Hi everyone! I wanna build one new amp, I love Big clean tones witch a touch of breakup and amps to use with some pedals.

I'm looking ti build jtm45 with ppmv or one TMB 18 watts.

Wich ones Will be better ?

I usually like to play with telecaster, Kliche (Klon) and Paragon (kot)

Thanks for the help guys


----------



## wintercept (Jun 27, 2021)

I am no amp expert, but I would say go with the 18 watt one. It should still get pretty loud and clean, but you will have that touch of breakup at more reasonable volumes.


----------



## wintercept (Jun 27, 2021)

Actually just noticed the master volume note for the jtm 45, so that would be a good decision too, maybe even better if the cleans are nicer.

I’m sure others can chime in on the tone and what not. Sorry for any confusion!


----------



## Travis (Jun 27, 2021)

Thanks ! I'm agree with you but Im not sure.

I never played a real jtm45 or 18 watts TMB


----------



## jjjimi84 (Jun 27, 2021)

I can speak eloquently on this subject as I have built both. If you want big clean sounds then jtm45 with effects loop and master volume and kt66 tubes is your amp. I would check out valvestorm for parts and you can use the old metro amps kit instructions and have a really great walk through. With single coils and a little delay and reverb it is an intoxicating sound. 

Without a master volume it gets very loud, like very loud. 

Now I have a trinity amps sIII and it is a great sounding amp. The tmb side has some incredible clean sounds and the other channel breaks up early and is a rock and roll machine. This is a better option for jamming around the house without blowing your ears out. I think the 18 watt is a great option for “quieter” playing. 
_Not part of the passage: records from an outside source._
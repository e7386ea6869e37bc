// The 30 size classes, as constant rows, and the class that serves a request.
#![tactic(auto)]

ghost use Rattle.std.specs.Prelude.{◌≡◌, ◌<◌, ◌≤◌};
ghost use Rattle.classes.specs.Classes.{rows, row_at, class_for, ClassesMean};

mod table;

pub use table::class_table;

// One size class: slot size in bytes, slots in a run, pages in a run.
#[derive(Clone, Copy)]
pub struct Row {
    pub size: u16,
    pub slots: u16,
    pub pages: u16,
}

const ROWS: [Row; 30] = [
    Row {
        size: 8,
        slots: 512,
        pages: 1,
    },
    Row {
        size: 16,
        slots: 256,
        pages: 1,
    },
    Row {
        size: 24,
        slots: 170,
        pages: 1,
    },
    Row {
        size: 32,
        slots: 128,
        pages: 1,
    },
    Row {
        size: 40,
        slots: 102,
        pages: 1,
    },
    Row {
        size: 48,
        slots: 85,
        pages: 1,
    },
    Row {
        size: 56,
        slots: 73,
        pages: 1,
    },
    Row {
        size: 64,
        slots: 64,
        pages: 1,
    },
    Row {
        size: 80,
        slots: 51,
        pages: 1,
    },
    Row {
        size: 96,
        slots: 42,
        pages: 1,
    },
    Row {
        size: 112,
        slots: 36,
        pages: 1,
    },
    Row {
        size: 128,
        slots: 32,
        pages: 1,
    },
    Row {
        size: 160,
        slots: 25,
        pages: 1,
    },
    Row {
        size: 192,
        slots: 21,
        pages: 1,
    },
    Row {
        size: 224,
        slots: 18,
        pages: 1,
    },
    Row {
        size: 256,
        slots: 16,
        pages: 1,
    },
    Row {
        size: 320,
        slots: 64,
        pages: 5,
    },
    Row {
        size: 384,
        slots: 32,
        pages: 3,
    },
    Row {
        size: 448,
        slots: 9,
        pages: 1,
    },
    Row {
        size: 512,
        slots: 8,
        pages: 1,
    },
    Row {
        size: 640,
        slots: 32,
        pages: 5,
    },
    Row {
        size: 768,
        slots: 16,
        pages: 3,
    },
    Row {
        size: 896,
        slots: 9,
        pages: 2,
    },
    Row {
        size: 1024,
        slots: 8,
        pages: 2,
    },
    Row {
        size: 1280,
        slots: 16,
        pages: 5,
    },
    Row {
        size: 1536,
        slots: 8,
        pages: 3,
    },
    Row {
        size: 1792,
        slots: 16,
        pages: 7,
    },
    Row {
        size: 2048,
        slots: 8,
        pages: 4,
    },
    Row {
        size: 2560,
        slots: 8,
        pages: 5,
    },
    Row {
        size: 3072,
        slots: 4,
        pages: 3,
    },
];

// All rows, for a caller that reads many: a constant is written out anew at each read by index.
pub fn class_rows() -> [Row; 30]
    ensures { result ≡ rows }
{
    ROWS
}

// The row of class b.
pub fn class_row(b: usize) -> Row
    requires { b < 30 }
    ensures { result ≡ row_at b }
{
    ROWS[b]
}

// The class that serves a request of this size, by PHP 7's calculation: a class for every 8 bytes up to 64, then four to each doubling. The
// three highest bits of the last byte's offset tell which of the four, and how many bits are below them tells which doubling.
pub fn class_of(size: usize) -> usize
    requires { size ≤ 3072 }
    ensures { result ≡ class_for size }
{
    if size == 0 {
        return 0;
    }
    let last = size - 1;
    if size <= 64 {
        return last / 8;
    }
    let length = 64 - last.leading_zeros() as usize;
    let low = length - 3;
    (last >> low) + 4 * (low - 3)
}

// The rows and the class of a request are what RULES 2 says of them.
pub fn classes_mean() -> bool
    ensures { ClassesMean }
{
    true
}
I don’t think you can go wrong with either option just different levels of loud!


----------



## Travis (Jun 28, 2021)

jjjimi84 said:


> I can speak eloquently on this subject as I have built both. If you want big clean sounds then jtm45 with effects loop and master volume and kt66 tubes is your amp. I would check out valvestorm for parts and you can use the old metro amps kit instructions and have a really great walk through. With single coils and a little delay and reverb it is an intoxicating sound.
> 
> Without a master volume it gets very loud, like very loud.
> 
> ...


Thanks you very much!

The 18 watts kit I look comes with el84, maybe jtm Ia the way for deep cleans


----------



## jjjimi84 (Jun 28, 2021)

Travis said:


> Thanks you very much!
> 
> The 18 watts kit I look comes with el84, maybe jtm Ia the way for deep cleans



Yeah for that big bold clean sound i would go that route. I love el84 cleans but they are more focused.

If that makes sense, kind of hard to describe sound. Didn’t Frank Zappa say its like dancing about architecture or something?


----------



## Travis (Jun 28, 2021)

Could be better choice KT66 on JTM45 than EL34?


----------



## jjjimi84 (Jun 28, 2021)

Travis said:


> Could be better choice KT66 on JTM45 than EL34?



Absolutely! If you are going to build a JTM 45 then a KT66 tube is the best choice


----------



## Travis (Jun 28, 2021)

Can I use KT66 on this schematic?

I will buy this https://www.tube-town.net/ttstore/p...marshall---style-jtm45---kt66.html&no_boost=1


----------



## Travis (Jun 28, 2021)

This is the other option the TMB https://www.tube-town.net/ttstore/tt-kit-marshall-style-18-watt-tmb.html


----------



## jjjimi84 (Jun 28, 2021)

For the jtm 45 layout from tube town it provides the schematic to use el34 power tubes. To use kt 66 tubes you would need to change the bias resistors r105 to 15k and r106 to 68k and possibly the screen resistors. 

If you are new to building amps and doing those steps seems to much it might be better to stick with the 18watt kit. I would also recommend heading to valvestorm to download the metro amps jtm45 kit guide as it takes you step by step in building that style of amp.


----------



## HamishR (Jun 28, 2021)

I would always check with the manufacturer or supplier of the power transformer as to whether it can support the power tubes you want to use. But I would say that if the PT can run EL34s it should be fine with KT66s.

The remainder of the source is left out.